Stored items
--
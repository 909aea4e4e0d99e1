//! The slots, and the calls on them.

ghost use Rattle.std.specs.Prelude.{◌≡◌, ◌<◌, ◌≤◌, [], ◌∷◌, length, count_by, slice_get, IsTrue, is_ok, IfOk, OnOk, OnErr};
ghost use Rattle.entity_id.specs.Identifiers.{is_profile};
ghost use Rattle.world_model.specs.Slots.{AreLawfulSlots, is_live, slots_after_destroy};
ghost use Rattle.entity_slots.specs.SlotLists.{slot_lists, AreLawful, Becomes};

mod creations;

use super::Dead;
use crate::identifiers::Identifiers;
use crate::loading::thread;
use entity_id::{Entity, OutOfMemory, Profile, next_version};
use std::alloc::Global;
use std::marker::Model;
use world_model::{FreeList, Slot};

/// The slots of a registry: which identifiers are live, and which index and version the next one
/// gets. A contract sees them as `SlotLists` (`specs/SlotLists.antt`).
#[derive(Debug, Drop)]
pub struct EntitySlots {
    profile: Profile,
    limit: u32,
    // Their null index is the profile's.
    identifiers: Identifiers,
    // How many identifiers are live.
    live: u32,
    // How many identifiers more there is room for.
    spare: u32,
}

impl Model for EntitySlots {
    ghost use Rattle.entity_slots.specs.SlotLists.{SlotLists};
    ghost use Rattle.entity_slots.specs.Threading.{lists_of, IsKept};

    ghost Value = { SlotLists };

    ghost view = { lists_of };

    ghost invariant = { IsKept };
}

impl EntitySlots {
    /// No slots, of which there will be at most `slot_limit`. No memory. (EnTT: an empty
    /// `entt::registry`, whose own limit is the index limit.)
    pub fn new(alloc: Global, profile: Profile, slot_limit: u32) -> EntitySlots
        requires profile { IsTrue (is_profile profile) }
        requires addressable { slot_limit ≤ profile.index_limit }
        ensures { result ≡ slot_lists profile slot_limit [] [] }
    {
        EntitySlots {
            profile,
            limit: slot_limit,
            identifiers: Identifiers::new(alloc, profile.index_limit),
            live: 0,
            spare: 0,
        }
    }

    /// These slots, and the free indices, the next to be reused first. `OutOfMemory` where there is
    /// no memory for them. (EnTT: `registry.assign(first, last, destroyed)`.)
    pub fn load(
        alloc: Global,
        profile: Profile,
        slot_limit: u32,
        slots: &[Slot],
        free: &[u32],
    ) -> Result<EntitySlots, OutOfMemory>
        requires profile { IsTrue (is_profile profile) }
        requires lawful { AreLawfulSlots profile slot_limit slots.now free.now }
        ensures { IfOk result (λ made. made ≡ slot_lists profile slot_limit slots.now free.now) }
    {
        let identifiers = thread(alloc, profile.index_limit, slots, free)?;
        Ok(EntitySlots {
            profile,
            limit: slot_limit,
            identifiers,
            live: (slots.len() - free.len()) as u32,
            spare: 0,
        })
    }

    /// Ends a live identifier: its slot is free, with the next version, and its index is reused
    /// next. `Dead` exactly where it is not live, and then all is as before. No memory. (EnTT:
    /// `registry.release(entity)`, which asks that it is live.)
    pub fn destroy(&mut self, entity: Entity) -> Result<(), Dead>
        ensures live { is_ok result ≡ is_live self.old.slots entity }
        ensures lists { OnOk result (Becomes self.old self.new
            (slots_after_destroy self.old.profile self.old.slots entity)
            (entity.index ∷ self.old.free)) }
        ensures spare { self.new.spare ≡ self.old.spare }
        ensures err { OnErr result (self.new ≡ self.old) }
        ensures lawful { AreLawful self.new }
    {
        if !self.identifiers.is_live(entity) {
            return Err(Dead);
        }
        let version = next_version(self.profile, entity.version);
        self.identifiers.release(entity.index, version);
        self.live -= 1;
        Ok(())
    }

    /// Whether an identifier is live. No memory. (EnTT: `registry.valid(entity)`.)
    pub fn valid(&self, entity: Entity) -> bool
        ensures { result ≡ is_live self.now.slots entity }
    {
        self.identifiers.is_live(entity)
    }

    /// How many identifiers are live. No memory. (EnTT: `registry.alive()`.)
    pub fn alive(&self) -> u32
        ensures { result ≡ count_by (λ slot. slot.live) self.now.slots }
    {
        self.live
    }

    /// How many slots there are. No memory. (EnTT: `registry.size()`.)
    pub fn len(&self) -> u32
        ensures len { result ≡ length self.now.slots }
        ensures free { length self.now.free ≤ length self.now.slots }
        ensures lawful { AreLawful self.now }
    {
        self.identifiers.len()
    }

    /// The slot of an index below [`EntitySlots::len`]. No memory. (EnTT: its version is
    /// `registry.current(entity)`.)
    pub fn slot(&self, index: u32) -> Slot
        requires { index < length self.now.slots }
        ensures { slice_get self.now.slots index ≡ Some result }
    {
        self.identifiers.slot(index)
    }

    /// The free index at a place, counted from 0 at the one that is reused next. None exactly past
    /// the last. It walks there, index by index: [`EntitySlots::free_list`] gives all of them in
    /// one walk. No memory. (EnTT: place 0 is the index of `registry.released()`.)
    pub fn free_at(&self, place: u32) -> Option<u32>
        ensures { result ≡ slice_get self.now.free place }
    {
        self.identifiers.free_at(place)
    }

    /// All free indices, the one that is reused next first, in one walk. `OutOfMemory` where there
    /// is no memory for them. (EnTT: the walk from `registry.released()` on, by which its snapshot
    /// saves them.)
    pub fn free_list(&self) -> Result<FreeList, OutOfMemory>
        ensures { IfOk result (λ list. list ≡ self.now.free) }
    {
        Ok(FreeList::from_vec(self.identifiers.free_list()?))
    }
}
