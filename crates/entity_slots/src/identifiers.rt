//! One list of identifiers, by index, with the list of the free ones threaded through it.

ghost use Rattle.std.specs.Prelude.{◌≡◌, ℕ, ◌+◌, ◌^◌, ◌<◌, ◌≤◌, ◌↔◌, [], length, Some, IsTrue, IsOk, OnOk, slice_get};
ghost use Rattle.world_model.specs.Slots.{is_live, is_live_at};
ghost use Rattle.entity_slots.specs.Threads.{Threaded, AreListed};

mod changes;
mod walks;

use entity_id::{Entity, OutOfMemory};
use std::alloc::Global;
use std::marker::Model;
use world_model::Slot;

// The identifiers. A live one stands under its own index; a free one has the index of the next free
// one, and the last of them the null index, each beside the version that its next owner gets.
// (EnTT: the array of entities, with its implicit list of those to be recycled.)
#[derive(Debug, Drop)]
pub struct Identifiers {
    list: Vec<Entity>,
    // The free index that is reused next, or the null index.
    top: u32,
    // No identifier stands under it.
    null: u32,
}

impl Model for Identifiers {
    ghost use Rattle.entity_slots.specs.Threads.{Threaded, threaded_of, IsThreaded};

    ghost Value = { Threaded };

    ghost view = { threaded_of };

    ghost invariant = { IsThreaded };
}

impl Identifiers {
    pub fn new(alloc: Global, null: u32) -> Identifiers
        ensures slots { result.slots ≡ [] }
        ensures free { result.free ≡ [] }
        ensures null { result.null ≡ null }
    {
        Identifiers {
            list: Vec::new(alloc),
            top: null,
            null,
        }
    }

    pub fn len(&self) -> u32
        ensures len { result ≡ length self.now.slots }
        ensures few { length self.now.slots ≤ self.now.null }
        ensures small { self.now.null < 2 ^ 32 }
    {
        self.list.len() as u32
    }

    pub fn slot(&self, index: u32) -> Slot
        requires { index < length self.now.slots }
        ensures { slice_get self.now.slots index ≡ Some result }
    {
        let entity = self.list[index as usize];
        Slot {
            version: entity.version,
            live: entity.index == index,
        }
    }

    // Whether an identifier is live: only then does it stand under its own index.
    pub fn is_live(&self, entity: Entity) -> bool
        ensures { result ≡ is_live self.now.slots entity }
    {
        match self.list.get(entity.index as usize) {
            Some(found) => *found == entity,
            None => false,
        }
    }

    // Whether an index is live, with any version.
    pub fn is_live_at(&self, index: u32) -> bool
        ensures { result ≡ is_live_at self.now.slots index }
    {
        match self.list.get(index as usize) {
            Some(found) => found.index == index,
            None => false,
        }
    }

    // Whether no index is free.
    pub fn none_free(&self) -> bool
        ensures { IsTrue result ↔ (self.now.free ≡ []) }
    {
        self.top == self.null
    }

    // Makes room for at least so many identifiers more.
    pub fn reserve(&mut self, n: usize) -> Result<(), OutOfMemory>
        ensures slots { self.new.slots ≡ self.old.slots }
        ensures free { self.new.free ≡ self.old.free }
        ensures null { self.new.null ≡ self.old.null }
        ensures ok { OnOk result (length self.old.slots + n ≤ self.new.room) }
        ensures ready { length self.old.slots + n ≤ self.old.room → IsOk result }
        ensures kept { self.old.room ≤ self.new.room }
    {
        self.list.reserve(n)?;
        Ok(())
    }
}
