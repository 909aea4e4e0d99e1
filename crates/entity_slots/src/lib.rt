//! The slots of a registry: which identifiers are live, and which index and version the next one
//! gets, as EnTT 3.10 has it.
//!
//! An index is given out again once its owner was destroyed, with the next version, so that the old
//! identifier is dead. It can be live again, but only by way of a hint, or once its index was used as
//! often again as there are versions (4,095 with the profile `P20_12`). The index that was released
//! last is reused first. [`EntitySlots`] does this, and `specs/SlotLists.antt` says what a contract
//! sees of it. What one creation makes of the lists stands in the crate world_model
//! (`specs/Slots.antt`).
#![tactic(auto)]

mod entity_slots;
mod hint;
mod identifiers;
mod loading;
mod refused;

pub use entity_slots::EntitySlots;
pub use refused::{CreateRefused, Dead, Full};

#[cfg(test)]
mod tests;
--
EXERCISE BRIEF
From the first line of the entries above to the line with "use crate::loading::thread;", please return every line exactly, keeping both ends.

SOLUTION
repository 909aea4e4e0d99e1
//! The slots, and the calls on them.

ghost use Rattle.std.specs.Prelude.{◌≡◌, ◌<◌, ◌≤◌, [], ◌∷◌, length, count_by, slice_get, IsTrue, is_ok, IfOk, OnOk, OnErr};
ghost use Rattle.entity_id.specs.Identifiers.{is_profile};
ghost use Rattle.world_model.specs.Slots.{AreLawfulSlots, is_live, slots_after_destroy};
ghost use Rattle.entity_slots.specs.SlotLists.{slot_lists, AreLawful, Becomes};

mod creations;

use super::Dead;
use crate::identifiers::Identifiers;
use crate::loading::thread;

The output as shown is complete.